Около полуночи она кивком подозвала к себе Бестужева и спросила, дал ли уже Шапьюзо признательные показания, компрометирующие Лестока.
– Новые сведения, которые я получил о комплоте, – ответил быстро сориентировавшийся в обстановке великий канцлер, – заставили меня отложить исполнение приказа о задержании. Было бы рискованно брать под стражу его людей, а самого Лестока, в руках которого сосредоточены все нити, оставлять на свободе. То, что у нас есть на него сейчас, послужило бы для него только предостережением и, возможно, навсегда избавило бы его от карающей десницы правосудия.
– Хорошо, тогда арестуйте и Лестока тоже, – решила государыня.

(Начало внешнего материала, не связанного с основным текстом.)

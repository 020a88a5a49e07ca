//! Places in the texts of a program.

ghost use Rattle.std.specs.Prelude.{◌≡◌, map, option_map};
ghost use Rattle.isle_lsp_features.specs.Programs.{question_of, text_of};
ghost use Rattle.isle_lsp_features.specs.Places as wanted;

use crate::{Question, Text};
use isle_base::lexer::Pos;
use isle_lsp_protocol::parameters::position_of;
use isle_lsp_text::positions::{PositionEncoding, offset_of};

/// A text of a program.
#[derive(Clone, Copy)]
pub struct File<'a> {
    /// How positions in the text are counted.
    pub encoding: PositionEncoding,
    /// Its number.
    pub number: usize,
    /// The text.
    pub text: &'a str,
}

/// A place in a program.
#[derive(Clone, Copy)]
pub struct Place<'a> {
    /// How positions in the text are counted.
    pub encoding: PositionEncoding,
    /// The number of its text, and the byte offset in it.
    pub pos: Pos,
    /// The text.
    pub text: &'a str,
}

/// The text of this file.
pub fn file_of<'a>(program: &[Text<'a>], name: &str) -> Option<File<'a>>
    ensures { option_map wanted.file_of result
        ≡ wanted.file_from 0 name.now (map text_of program.now) }
{
    for (number, source) in program.iter().enumerate() {
        if source.file == name {
            return Some(File {
                encoding: source.encoding,
                number,
                text: source.text,
            });
        }
    }
    None
}

/// The place that a request is about.
pub fn place_of<'a>(program: &[Text<'a>], question: Question) -> Option<Place<'a>>
    ensures { option_map wanted.place_of result
        ≡ wanted.place_in (question_of question.entry) (map text_of program.now) }
{
    match (
        file_of(program, question.file),
        position_of(question.message),
    ) {
        (Some(file), Some(position)) => Some(Place {
            encoding: file.encoding,
            pos: Pos::new(file.number, offset_of(file.encoding, file.text, position)),
            text: file.text,
        }),
        _ => None,
    }
}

Улыбка скользнула по обычно таким строго-холодным чертам Бестужева. Он был близок к цели. После того, как императрица отпустила его, он тотчас же откомандировал офицера с необходимым отрядом на выполнение задания. Они взяли под стражу Шапьюзо с четырьмя слугами Лестока в его доме и доставили их в крепость.
Между тем у Салтыковой продолжали танцевать, нисколько не подозревая о надвигающейся катастрофе, которая уже в скором времени переполошит весь Петербург. Когда под утро гости начали разъезжаться, Лесток со своей женой и шведским посланником Вольфеншерна отправились в отель последнего, и там с несколькими дамами и офицерами они играли в карты и кутили до десяти часов утра.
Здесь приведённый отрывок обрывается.